Theme OK (<70%) Warning (70-85%) Critical (>85%)
GREEN #33FF00 #FFCC00 #FF4444
AMBER #FFB000 #FF8C00 #FF4500
BLUE #00BFFF #FFD700 #FF1493

Gauge thresholds in JSON:

"thresholds": {
  "mode": "absolute",
  "steps": [
    { "color": "green", "value": null },
    { "color": "yellow", "value": 70 },
    { "color": "red", "value": 85 }
  ]
}

Adapt to Your Resolution

Type Stat Card Width Graph Height Table Height
Mobile 6 (stack vertical) 10 12
Tablet 10.9" 12 (full width) 12 14
iPad Pro 12.9" 12 (full width) 14 16
Desktop 1920x1080 6 (4 cols) 10 12

Import in Grafana

  1. Export SATURATION dashboard as JSON
  2. Dashboards → Import
  3. Paste JSON
  4. Select Prometheus datasource
  5. Verify metrics from node_exporter are available
  6. If metrics are missing, check that node_exporter is running with correct flags
  7. Save and customize thresholds based on your infrastructure

Advanced Tips

Detect CPU spike

rate(node_cpu_seconds_total{mode!="idle"}[5m]) >
  avg_over_time(rate(node_cpu_seconds_total{mode!="idle"}[5m])[1h:5m]) * 1.5

Alert if CPU rises 50% above 1h average.

Memory pressure (using swap)

(node_memory_SwapFree_bytes / node_memory_SwapTotal_bytes) < 0.3

Alert if using > 70% of swap (indicator of severe memory pressure).

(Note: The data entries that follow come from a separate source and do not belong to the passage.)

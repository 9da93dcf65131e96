//! Files and streams of clients by name, as the program asks for them.
ghost use Rattle.std.specs.Prelude.{◌≡◌, ◌++◌, ℕ, List, [], Option, None, Some, IfOk, IsSome, OnErr, OnOk};
ghost use Rattle.qtext_metrics.specs.Services.{service_text};
ghost use Rattle.qtool_files.specs.Held.{StandsUnder, IsUnder};

use crate::counted_board::finish_board;
use qplain::{NoMemory, Script};
use qrun::Gate;
use qtext::{RefusedWrite, Written};
use qtext_client::Streams;
use qtext_metrics::ServiceCounts;
use std::io::Write;

/// Why a file is not to be had.
#[derive(Clone, Copy, Debug, PartialEq, Eq)]
pub enum FileFault {
    /// It is not there.
    NotThere,
    /// It is a folder.
    Folder,
    /// It may not be read, or not be made.
    NotPermitted,
    /// It is no UTF-8.
    NotText,
    /// More of its bytes stand in a line than may.
    LongLine,
    /// It cannot be read, or not be made, for another reason.
    Fails,
    /// Memory was wanted and not there.
    Memory,
}

/// Files by name, as the program asks for them. Under the name `-` standard input is read, and standard output is
/// written, behind what stands there. A file is written as a draft, which stands under no name that anybody
/// asks for, until it is kept: so under its name there is the whole of it, or what was there before.
pub trait Files {
    /// What stands under each name, a text or nothing, where these files tell it.
    ghost held: { Self → Option (List ℕ → Option (List ℕ)) } = { λ _. None };

    type Draft: Write + Drop + Send;

    /// What tells how far a run is, while it goes on.
    type Progress: Gate + Drop + Sync;

    /// The bytes of a file. An Err gives none of them.
    fn read(&mut self, name: &str) -> Result<Vec<u8>, FileFault>
        ensures under { IfOk result (λ bytes. IsUnder (held self.old) name.now bytes.items) }
        ensures same { held self.new ≡ held self.old };

    /// Whether both are names of one file, so that what is written to one takes the other away.
    fn is_same(&mut self, name: &str, other: &str) -> bool
        ensures same { held self.new ≡ held self.old };

    /// Whether the output goes to the file of that name, so that what is written to it takes the output away.
    fn is_output(&mut self, name: &str) -> bool
        ensures same { held self.new ≡ held self.old };

    /// An empty draft for a file of that name.
    fn draft(&mut self, name: &str) -> Result<Self::Draft, FileFault>
        ensures empty { IfOk result (λ draft. IsSome (held self.old) → Self.Draft.contents draft ≡ Some []) }
        ensures same { held self.new ≡ held self.old };

    /// Puts a draft under the name that it was made for, in the place of what stands there. An Err leaves that as it
    /// was, and nothing of the draft.
    fn keep(&mut self, draft: Self::Draft, name: &str) -> Result<(), FileFault>
        ensures kept { (text : List ℕ) → Self.Draft.contents draft ≡ Some text
            → OnOk result (StandsUnder (held self.old) (held self.new) name.now text) }
        ensures err { OnErr result (held self.new ≡ held self.old) };

    /// The same, where the file may be lost if the machine fails.
    fn show(&mut self, draft: Self::Draft, name: &str) -> Result<(), FileFault>
        ensures shown { (text : List ℕ) → Self.Draft.contents draft ≡ Some text
            → OnOk result (StandsUnder (held self.old) (held self.new) name.now text) }
        ensures err { OnErr result (held self.new ≡ held self.old) };

    /// Puts a board's text under a name, and behind it what was counted, in the place of what stands there. An Err
    /// leaves that.
    fn show_board(&mut self, name: &str, text: &[u8], counts: &ServiceCounts) -> Written
        ensures ok { OnOk result (StandsUnder (held self.old) (held self.new) name.now
            (text.now ++ service_text counts.now)) }
        ensures err { OnErr result (held self.new ≡ held self.old) }
    {
        let Ok(mut draft) = self.draft(name) else {
            return Err(RefusedWrite);
        };
        if finish_board(text, counts, &mut draft).is_err() {
            self.give_up(draft);
            return Err(RefusedWrite);
        }
        match self.show(draft, name) {
            Ok(()) => Ok(()),
            Err(_) => Err(RefusedWrite),
        }
    }

    /// Takes a draft away.
    fn give_up(&mut self, draft: Self::Draft)
        ensures same { held self.new ≡ held self.old };

    /// What tells how far a run of these scripts is, which begins, or None where nothing is to be told.
    fn progress(&self, scripts: &[Script]) -> Option<Self::Progress>;

    /// Ends it, when the run has ended.
    fn ended(&self, progress: Self::Progress);
}

/// The streams of clients by name, each client's for a thread of its own.
pub trait NamedStreams {
    type Streams: Streams<In: Send, Out: Send> + Drop + Send;

    type Faults: Write + Drop + Send;

    /// The streams of a client, none of which is opened yet: `-` is standard input or output.
    fn streams(&self, input: &str, output: &str) -> Result<Self::Streams, NoMemory>;

    /// A writer of fault lines.
    fn faults(&self) -> Result<Self::Faults, NoMemory>;
}
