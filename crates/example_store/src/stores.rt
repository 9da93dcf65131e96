//! A call of a store.
ghost use Rattle.std.specs.Prelude.{◌≡◌, IfOk, OnErr};
ghost use Rattle.qplain.specs.declared.call.Call.TheVariants.{Create};
ghost use Rattle.qplain.specs.Step.{step};

use qstore::{Cred, NoMemory, Path, Reply, Store};

/// Makes an empty file: what is answered, and what the store is then, is the plain machine's; without memory the store
/// is as before.
pub(crate) fn create(
    store: &mut Store,
    cred: &Cred,
    moment: u64,
    path: &Path,
) -> Result<Reply, NoMemory>
    ensures ok { IfOk result (λ reply.
        (store.new.state, reply) ≡ step store.old.state cred.now moment (Create path.now)) }
    ensures err { OnErr result (store.new.state ≡ store.old.state) }
{
    store.create(cred, moment, path.text())
}
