//! Files by name, and what came of a run or of a service, written to them.
#![tactic(auto)]

pub use board_file::{BoardFile, ShownBoards};
pub use files::{FileFault, Files, NamedStreams};
pub use finishing::{OutcomeText, Refuser, SavedNames, finish_outcome};
pub use overwriting::{Overwritten, test_written};

mod board_file;
mod counted_board;
mod files;
mod finishing;
mod overwriting;
mod saving;
mod seen_counts;
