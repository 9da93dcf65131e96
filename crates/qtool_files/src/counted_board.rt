//! A board as a file for monitors has it: with what was counted behind it.
ghost use Rattle.std.specs.Prelude.{◌≡◌, ◌++◌, IfOk};
ghost use Rattle.qtext.specs.Written.{Writes};
ghost use Rattle.qtext_metrics.specs.Metrics.{metrics_text};
ghost use Rattle.qtext_metrics.specs.Services.{service_text};

use qplain::{Board, Setup};
use qtext::{RefusedWrite, Written, put};
use qtext_metrics::{ServiceCounts, put_metrics, put_service};
use std::alloc::Global;
use std::io::Write;

/// The text of a board of a store of this setup. An Err is out of memory.
pub(crate) fn text_of(alloc: Global, setup: &Setup, board: &Board) -> Result<Vec<u8>, RefusedWrite>
    ensures { IfOk result (λ text. text.items ≡ metrics_text setup.now board.now) }
{
    let mut text = Vec::new(alloc);
    put_metrics(&mut text, setup, board)?;
    Ok(text)
}

/// Writes a board's text, and behind it what was counted, and flushes it.
pub(crate) fn finish_board<W: Write>(text: &[u8], counts: &ServiceCounts, out: &mut W) -> Written
    ensures { Writes (W.contents out.old) (W.contents out.new) result (text.now ++ service_text counts.now) }
{
    put(out, text)?;
    put_service(out, counts)?;
    if out.flush().is_err() {
        return Err(RefusedWrite);
    }
    Ok(())
}
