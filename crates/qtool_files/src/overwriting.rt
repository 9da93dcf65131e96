//! What a file that a run is saved in must not be written over.
ghost use Rattle.std.specs.Prelude.{◌≡◌, ◌≤◌, IfErr, IfSome, length};
ghost use Rattle.qtool_files.specs.Overwritten.{IsScriptOf};

use crate::Files;

/// What a file would be written over: what the run reads, or what it prints to.
#[derive(Clone, Copy, Debug, PartialEq, Eq)]
pub enum Overwritten {
    Config,
    /// The script of that number, from 1.
    Script(u64),
    Output,
}

/// The first of the scripts, numbered from 1, that is the file of this name, where one is.
fn script_under<F: Files>(files: &mut F, name: &str, scripts: &[String]) -> Option<u64>
    ensures one { IfSome result (λ number. (1 ≤ number) × (number ≤ length scripts.now)) }
    ensures same { F.held files.new ≡ F.held files.old }
{
    let mut number = 0u64;
    for script in scripts {
        number += 1;
        if files.is_same(name, script.as_str()) {
            return Some(number);
        }
    }
    None
}

/// Tests that the file of this name, where one is named, is written over nothing that the run reads or prints to. Err
/// is the first of these that it would be written over: the configuration, a script by its number from 1, the output.
pub fn test_written<F: Files>(
    files: &mut F,
    written: Option<&str>,
    config: &str,
    scripts: &[String],
) -> Result<(), Overwritten>
    ensures one { IfErr result (IsScriptOf (length scripts.now)) }
    ensures same { F.held files.new ≡ F.held files.old }
{
    let Some(name) = written else {
        return Ok(());
    };
    if files.is_same(name, config) {
        return Err(Overwritten::Config);
    }
    if let Some(number) = script_under(files, name, scripts) {
        return Err(Overwritten::Script(number));
    }
    if files.is_output(name) {
        return Err(Overwritten::Output);
    }
    Ok(())
}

Disk exhaustion projection

predict_linear(node_filesystem_avail_bytes{mountpoint="/"}[1h], 86400)

Predicts available space in 24h. If < 10GB, alert proactively.

Correlate saturation with latency

histogram_quantile(0.95, rate(http_request_duration_seconds_bucket[5m])) * 1000
+ (node_load1 / count(node_cpu_seconds_total{mode="idle"}) * 100)

Smooths latency by load factor (shows saturation impact).